=== What needs to be done ===
Make an exact transcription of the data below.

--------------------------------------------------

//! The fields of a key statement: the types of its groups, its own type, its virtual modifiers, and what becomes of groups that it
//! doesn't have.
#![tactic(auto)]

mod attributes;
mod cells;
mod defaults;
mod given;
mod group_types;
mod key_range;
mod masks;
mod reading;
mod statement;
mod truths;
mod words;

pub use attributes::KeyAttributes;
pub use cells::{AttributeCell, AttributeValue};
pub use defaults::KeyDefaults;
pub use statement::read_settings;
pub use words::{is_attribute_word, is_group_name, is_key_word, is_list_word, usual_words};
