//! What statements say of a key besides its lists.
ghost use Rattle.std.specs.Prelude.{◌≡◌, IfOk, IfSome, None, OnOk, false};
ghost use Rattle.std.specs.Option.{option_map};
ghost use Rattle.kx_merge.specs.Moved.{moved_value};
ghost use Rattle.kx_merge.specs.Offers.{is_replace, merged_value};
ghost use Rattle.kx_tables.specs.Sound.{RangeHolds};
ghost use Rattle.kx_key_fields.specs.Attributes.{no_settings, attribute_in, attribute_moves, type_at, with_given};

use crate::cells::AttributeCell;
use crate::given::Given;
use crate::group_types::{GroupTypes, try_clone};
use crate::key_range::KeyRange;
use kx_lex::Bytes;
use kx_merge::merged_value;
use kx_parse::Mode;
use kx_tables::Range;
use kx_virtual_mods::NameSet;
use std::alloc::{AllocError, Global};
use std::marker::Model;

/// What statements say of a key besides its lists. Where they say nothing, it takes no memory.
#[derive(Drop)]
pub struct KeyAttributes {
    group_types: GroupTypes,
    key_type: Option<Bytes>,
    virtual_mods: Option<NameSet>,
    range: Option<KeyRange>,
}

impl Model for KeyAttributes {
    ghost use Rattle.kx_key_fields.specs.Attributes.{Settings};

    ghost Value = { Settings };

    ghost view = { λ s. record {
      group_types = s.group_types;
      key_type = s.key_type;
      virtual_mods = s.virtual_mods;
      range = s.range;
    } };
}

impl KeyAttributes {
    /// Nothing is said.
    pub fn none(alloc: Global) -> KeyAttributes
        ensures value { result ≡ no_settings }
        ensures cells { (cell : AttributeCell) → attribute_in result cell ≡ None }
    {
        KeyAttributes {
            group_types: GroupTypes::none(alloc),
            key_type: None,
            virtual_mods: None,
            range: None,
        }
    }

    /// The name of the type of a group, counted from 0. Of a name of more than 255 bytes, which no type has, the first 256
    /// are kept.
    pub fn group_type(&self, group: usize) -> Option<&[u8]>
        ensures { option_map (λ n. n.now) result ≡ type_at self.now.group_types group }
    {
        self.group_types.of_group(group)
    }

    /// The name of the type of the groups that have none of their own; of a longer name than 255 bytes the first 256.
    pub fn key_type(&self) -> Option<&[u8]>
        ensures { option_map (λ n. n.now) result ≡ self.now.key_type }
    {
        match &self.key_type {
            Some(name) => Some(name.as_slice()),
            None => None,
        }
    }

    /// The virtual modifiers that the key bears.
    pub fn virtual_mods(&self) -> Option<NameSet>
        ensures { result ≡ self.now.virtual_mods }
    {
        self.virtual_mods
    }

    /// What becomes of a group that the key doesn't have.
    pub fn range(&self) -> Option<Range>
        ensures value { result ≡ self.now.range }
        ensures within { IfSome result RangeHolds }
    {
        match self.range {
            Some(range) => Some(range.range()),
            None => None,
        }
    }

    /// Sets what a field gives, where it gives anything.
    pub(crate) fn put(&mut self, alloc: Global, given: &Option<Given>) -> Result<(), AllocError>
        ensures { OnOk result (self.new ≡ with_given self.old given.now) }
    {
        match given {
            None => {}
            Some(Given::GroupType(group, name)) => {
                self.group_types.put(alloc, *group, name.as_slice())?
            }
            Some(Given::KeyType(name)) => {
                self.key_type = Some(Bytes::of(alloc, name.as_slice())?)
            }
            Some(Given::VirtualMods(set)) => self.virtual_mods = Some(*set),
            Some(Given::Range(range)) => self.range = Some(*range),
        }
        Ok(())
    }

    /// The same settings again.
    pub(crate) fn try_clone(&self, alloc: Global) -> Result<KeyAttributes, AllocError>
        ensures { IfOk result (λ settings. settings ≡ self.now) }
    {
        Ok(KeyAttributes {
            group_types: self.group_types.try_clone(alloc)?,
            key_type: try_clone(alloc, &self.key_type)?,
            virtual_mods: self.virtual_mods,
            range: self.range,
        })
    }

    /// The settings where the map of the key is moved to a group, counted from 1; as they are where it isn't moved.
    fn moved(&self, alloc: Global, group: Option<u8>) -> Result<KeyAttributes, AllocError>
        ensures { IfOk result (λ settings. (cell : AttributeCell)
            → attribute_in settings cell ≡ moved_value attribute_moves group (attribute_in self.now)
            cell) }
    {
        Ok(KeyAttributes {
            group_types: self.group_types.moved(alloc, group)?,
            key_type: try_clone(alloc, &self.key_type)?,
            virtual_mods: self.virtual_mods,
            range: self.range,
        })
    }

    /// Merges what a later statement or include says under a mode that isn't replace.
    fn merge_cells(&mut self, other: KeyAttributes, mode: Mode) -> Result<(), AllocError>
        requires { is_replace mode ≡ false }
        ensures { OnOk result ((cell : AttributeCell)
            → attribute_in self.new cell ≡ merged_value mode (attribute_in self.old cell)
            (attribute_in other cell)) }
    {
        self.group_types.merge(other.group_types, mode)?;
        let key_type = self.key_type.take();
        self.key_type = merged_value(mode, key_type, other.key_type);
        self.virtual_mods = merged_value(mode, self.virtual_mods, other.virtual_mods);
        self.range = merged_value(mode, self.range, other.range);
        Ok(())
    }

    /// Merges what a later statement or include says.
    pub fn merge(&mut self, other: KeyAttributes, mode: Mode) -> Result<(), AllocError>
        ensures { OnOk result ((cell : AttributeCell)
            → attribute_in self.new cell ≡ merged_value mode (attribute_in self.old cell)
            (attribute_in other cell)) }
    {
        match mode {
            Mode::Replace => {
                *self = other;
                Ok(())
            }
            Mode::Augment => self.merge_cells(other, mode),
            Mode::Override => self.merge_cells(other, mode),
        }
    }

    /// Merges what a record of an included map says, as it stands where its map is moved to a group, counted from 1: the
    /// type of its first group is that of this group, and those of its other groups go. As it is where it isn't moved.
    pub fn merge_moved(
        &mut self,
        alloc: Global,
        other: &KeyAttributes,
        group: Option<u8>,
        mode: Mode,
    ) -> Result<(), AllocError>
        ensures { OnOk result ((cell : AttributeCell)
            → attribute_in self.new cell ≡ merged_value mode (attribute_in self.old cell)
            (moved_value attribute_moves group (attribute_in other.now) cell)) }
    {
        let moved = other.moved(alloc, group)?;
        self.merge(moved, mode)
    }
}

--------------------------------------------------

=== Response ===
//! The fields of a key statement: the types of its groups, its own type, its virtual modifiers, and what becomes of groups that it
//! doesn't have.
#![tactic(auto)]

mod attributes;
mod cells;
mod defaults;
mod given;
mod group_types;
mod key_range;
mod masks;
mod reading;
mod statement;
mod truths;
mod words;

pub use attributes::KeyAttributes;
pub use cells::{AttributeCell, AttributeValue};
pub use defaults::KeyDefaults;
pub use statement::read_settings;
pub use words::{is_attribute_word, is_group_name, is_key_word, is_list_word, usual_words};
//! What statements say of a key besides its lists.
ghost use Rattle.std.specs.Prelude.{◌≡◌, IfOk, IfSome, None, OnOk, false};
ghost use Rattle.std.specs.Option.{option_map};
ghost use Rattle.kx_merge.specs.Moved.{moved_value};
ghost use Rattle.kx_merge.specs.Offers.{is_replace, merged_value};
ghost use Rattle.kx_tables.specs.Sound.{RangeHolds};
ghost use Rattle.kx_key_fields.specs.Attributes.{no_settings, attribute_in, attribute_moves, type_at, with_given};

use crate::cells::AttributeCell;
use crate::given::Given;
use crate::group_types::{GroupTypes, try_clone};
use crate::key_range::KeyRange;
use kx_lex::Bytes;
use kx_merge::merged_value;
use kx_parse::Mode;
use kx_tables::Range;
use kx_virtual_mods::NameSet;
use std::alloc::{AllocError, Global};
use std::marker::Model;

/// What statements say of a key besides its lists. Where they say nothing, it takes no memory.
#[derive(Drop)]
pub struct KeyAttributes {
    group_types: GroupTypes,
    key_type: Option<Bytes>,
    virtual_mods: Option<NameSet>,
    range: Option<KeyRange>,
}

impl Model for KeyAttributes {
    ghost use Rattle.kx_key_fields.specs.Attributes.{Settings};

    ghost Value = { Settings };

    ghost view = { λ s. record {
      group_types = s.group_types;
      key_type = s.key_type;
      virtual_mods = s.virtual_mods;
      range = s.range;
    } };
}

impl KeyAttributes {
    /// Nothing is said.
    pub fn none(alloc: Global) -> KeyAttributes
        ensures value { result ≡ no_settings }
        ensures cells { (cell : AttributeCell) → attribute_in result cell ≡ None }
    {
        KeyAttributes {
            group_types: GroupTypes::none(alloc),
            key_type: None,
            virtual_mods: None,
            range: None,
        }
    }

    /// The name of the type of a group, counted from 0. Of a name of more than 255 bytes, which no type has, the first 256
    /// are kept.
    pub fn group_type(&self, group: usize) -> Option<&[u8]>
        ensures { option_map (λ n. n.now) result ≡ type_at self.now.group_types group }
    {
        self.group_types.of_group(group)
    }

    /// The name of the type of the groups that have none of their own; of a longer name than 255 bytes the first 256.
    pub fn key_type(&self) -> Option<&[u8]>
        ensures { option_map (λ n. n.now) result ≡ self.now.key_type }
    {
        match &self.key_type {
            Some(name) => Some(name.as_slice()),
            None => None,
        }
    }

    /// The virtual modifiers that the key bears.
    pub fn virtual_mods(&self) -> Option<NameSet>
        ensures { result ≡ self.now.virtual_mods }
    {
        self.virtual_mods
    }

    /// What becomes of a group that the key doesn't have.
    pub fn range(&self) -> Option<Range>
        ensures value { result ≡ self.now.range }
        ensures within { IfSome result RangeHolds }
    {
        match self.range {
            Some(range) => Some(range.range()),
            None => None,
        }
    }

    /// Sets what a field gives, where it gives anything.
    pub(crate) fn put(&mut self, alloc: Global, given: &Option<Given>) -> Result<(), AllocError>
        ensures { OnOk result (self.new ≡ with_given self.old given.now) }
    {
        match given {
            None => {}
            Some(Given::GroupType(group, name)) => {
                self.group_types.put(alloc, *group, name.as_slice())?
            }
            Some(Given::KeyType(name)) => {
                self.key_type = Some(Bytes::of(alloc, name.as_slice())?)
            }
            Some(Given::VirtualMods(set)) => self.virtual_mods = Some(*set),
            Some(Given::Range(range)) => self.range = Some(*range),
        }
        Ok(())
    }

    /// The same settings again.
    pub(crate) fn try_clone(&self, alloc: Global) -> Result<KeyAttributes, AllocError>
        ensures { IfOk result (λ settings. settings ≡ self.now) }
    {
        Ok(KeyAttributes {
            group_types: self.group_types.try_clone(alloc)?,
            key_type: try_clone(alloc, &self.key_type)?,
            virtual_mods: self.virtual_mods,
            range: self.range,
        })
    }

    /// The settings where the map of the key is moved to a group, counted from 1; as they are where it isn't moved.
    fn moved(&self, alloc: Global, group: Option<u8>) -> Result<KeyAttributes, AllocError>
        ensures { IfOk result (λ settings. (cell : AttributeCell)
            → attribute_in settings cell ≡ moved_value attribute_moves group (attribute_in self.now)
            cell) }
    {
        Ok(KeyAttributes {
            group_types: self.group_types.moved(alloc, group)?,
            key_type: try_clone(alloc, &self.key_type)?,
            virtual_mods: self.virtual_mods,
            range: self.range,
        })
    }

    /// Merges what a later statement or include says under a mode that isn't replace.
    fn merge_cells(&mut self, other: KeyAttributes, mode: Mode) -> Result<(), AllocError>
        requires { is_replace mode ≡ false }
        ensures { OnOk result ((cell : AttributeCell)
            → attribute_in self.new cell ≡ merged_value mode (attribute_in self.old cell)
            (attribute_in other cell)) }
    {
        self.group_types.merge(other.group_types, mode)?;
        let key_type = self.key_type.take();
        self.key_type = merged_value(mode, key_type, other.key_type);
        self.virtual_mods = merged_value(mode, self.virtual_mods, other.virtual_mods);
        self.range = merged_value(mode, self.range, other.range);
        Ok(())
    }

    /// Merges what a later statement or include says.
    pub fn merge(&mut self, other: KeyAttributes, mode: Mode) -> Result<(), AllocError>
        ensures { OnOk result ((cell : AttributeCell)
            → attribute_in self.new cell ≡ merged_value mode (attribute_in self.old cell)
            (attribute_in other cell)) }
    {
        match mode {
            Mode::Replace => {
                *self = other;
                Ok(())
            }
            Mode::Augment => self.merge_cells(other, mode),
            Mode::Override => self.merge_cells(other, mode),
        }
    }

    /// Merges what a record of an included map says, as it stands where its map is moved to a group, counted from 1: the
    /// type of its first group is that of this group, and those of its other groups go. As it is where it isn't moved.
    pub fn merge_moved(
        &mut self,
        alloc: Global,
        other: &KeyAttributes,
        group: Option<u8>,
        mode: Mode,
    ) -> Result<(), AllocError>
        ensures { OnOk result ((cell : AttributeCell)
            → attribute_in self.new cell ≡ merged_value mode (attribute_in self.old cell)
            (moved_value attribute_moves group (attribute_in other.now) cell)) }
    {
        let moved = other.moved(alloc, group)?;
        self.merge(moved, mode)
    }
}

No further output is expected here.